Globalstar, Inc. (GSAT) shares were up in last trading by 2.78% to $1.48. It experienced higher than average volume on day. The stock increased in value by almost 2.07% over the past week and grew 0.68% in the past month. It is currently trading 25.57% above its 50 day moving average and 8.59% above its 200 day moving average. Following the recent increase in price, the stock’s new closing price represents a -50.67% decrease in value from its one year high of $3. The RSI indicator value of 53.98, lead us to believe that it is a hold for now.

Globalstar, Inc. provides mobile voice and data communications services through satellite worldwide.
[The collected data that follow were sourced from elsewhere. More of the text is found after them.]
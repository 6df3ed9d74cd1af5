//! The rows of a page, one after another.

ghost use Rattle.std.specs.Prelude.{◌≡◌, ◌+◌, ◌<◌, ◌≤◌, ◌++◌, ◌∷◌, [], true, drop, length, option_map, vec_capacity};
ghost use Rattle.std.specs.Iterator.{at_most};
ghost use Rattle.drda_disk.specs.Layout.{page_bytes};
ghost use Rattle.row_pages.specs.Reading.{has_rows, row_at, rows_in};
ghost use Rattle.row_pages.specs.Walk.{EndsAt, GivesRow, Places, StandsBehind};

use crate::page::HEADER_BYTES;
use std::iter::Iterator;
use std::marker::Model;

/// The rows that are left to give. Contracts see it as the list of them.
#[derive(Drop)]
pub struct RowIter<'p> {
    left: usize,
    bytes: &'p [u8],
}

impl<'p> Model for RowIter<'p> {
    ghost use Rattle.std.specs.Prelude.{◌≡◌, ℕ, List, true};
    ghost use Rattle.row_pages.specs.Reading.{has_rows, rows_in};

    ghost Value = { List (List ℕ) };

    ghost view = { λ r. rows_in r.left r.bytes.now };

    ghost invariant = { λ r. has_rows r.left r.bytes.now ≡ true };
}

impl<'p> RowIter<'p> {
    /// The first rows of these bytes.
    pub(crate) fn new(left: usize, bytes: &'p [u8]) -> RowIter<'p>
        requires { has_rows left bytes.now ≡ true }
        ensures { result ≡ rows_in left bytes.now }
    {
        RowIter { left, bytes }
    }
}

impl<'p> Iterator for RowIter<'p> {
    type Item = &'p [u8];

    ghost next_gives = { GivesRow };

    ghost remaining = { λ r. at_most (length r) };

    fn next(&mut self) -> Option<&'p [u8]> {
        if self.left == 0 {
            return None;
        }
        let (row, rest) = first_row(self.bytes)?;
        self.left -= 1;
        self.bytes = rest;
        Some(row)
    }
}

/// The row in front of the bytes, and what follows it.
#[tactic(auto, unfolding(crate::specs::Reading::row_at))]
pub(crate) fn first_row(bytes: &[u8]) -> Option<(&[u8], &[u8])>
    ensures { option_map (λ x. (x.0.now, x.1.now)) result ≡ row_at bytes.now }
{
    let [high, low, rest @ ..] = bytes else {
        return None;
    };
    let length = u16::from_be_bytes([*high, *low]) as usize;
    if length <= rest.len() {
        Some((&rest[..length], &rest[length..]))
    } else {
        None
    }
}

/// What follows the first rows, where there are so many.
pub(crate) fn behind_rows(count: usize, bytes: &[u8]) -> Option<&[u8]>
    ensures { StandsBehind count bytes.now result }
{
    let mut rest = bytes;
    for _ in 0..count {
        let (_, after) = first_row(rest)?;
        rest = after;
    }
    Some(rest)
}

/// The bytes from a place on.
#[inline(always)]
pub(crate) fn from_place(bytes: &[u8], at: usize) -> &[u8]
    requires { at ≤ length bytes.now }
    ensures { result.now ≡ drop at bytes.now }
{
    &bytes[at..]
}

// Where the row ends that begins at a place of the bytes, if one does.
fn row_end(bytes: &[u8], at: usize) -> Option<usize>
    requires { at ≤ length bytes.now }
    ensures { EndsAt bytes.now at result }
{
    let (row, _) = first_row(from_place(bytes, at))?;
    Some(at + 2 + row.len())
}

// Adds a place, for which there is room.
fn put_start(starts: &mut Vec<u16>, at: usize)
    requires room { length starts.old.items + 1 ≤ vec_capacity starts.old }
    requires small { at < 65536 }
    ensures items { starts.new.items ≡ starts.old.items ++ at ∷ [] }
    ensures capacity { vec_capacity starts.old ≤ vec_capacity starts.new }
{
    let _ = starts.push(at as u16);
}

/// The places of a page's bytes where its first rows begin, each with its length, into a list that has
/// room for them; and where the last one ends, where there are so many.
pub(crate) fn place_rows(starts: &mut Vec<u16>, count: usize, bytes: &[u8]) -> Option<usize>
    requires none { starts.old.items ≡ [] }
    requires room { count ≤ vec_capacity starts.old }
    requires size { length bytes.now ≡ page_bytes }
    ensures { Places count bytes.now starts.new.items result }
{
    let mut at = HEADER_BYTES;
    for _ in 0..count {
        let end = row_end(bytes, at)?;
        put_start(starts, at);
        at = end;
    }
    Some(at)
}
The company offers duplex two-way voice and data products, including mobile voice and data satellite communications services and equipment for remote business continuity, recreational, emergency response, and other applications; fixed voice and data satellite communications services and equipment in rural villages, ships, industrial and commercial sites, and residential sites; and satellite data modem services comprising asynchronous and packet data services. It also provides SPOT products, such as SPOT satellite GPS messenger for personal tracking, emergency location, and messaging solutions; SPOT Global phone; and SPOT Trace, an anti-theft and asset tracking device. In addition, the company offers commercial Simplex one-way transmission products to track cargo containers and rail cars, to monitor utility meters, to monitor oil and gas assets, and other applications. Further, it provides engineering services, such as hardware and software designs to develop specific applications; and installation of gateways and antennas. The company primarily serves recreation and personal; government; public safety and disaster relief; oil and gas; maritime and fishing; natural resources, mining, and forestry; construction; utilities; and transportation markets. Globalstar, Inc. distributes its products directly, as well as through independent agents, dealers and resellers, independent gateway operators, and its sales force and e-commerce Website. As of December 31, 2015, it served approximately 688,000 subscribers. The company has a collaboration agreement with Carmanah to design and manufacture solar powered M2M satellite solutions. The company was founded in 2003 and is headquartered in Covington, Louisiana. Globalstar, Inc. is a subsidiary of Thermo Funding II LLC.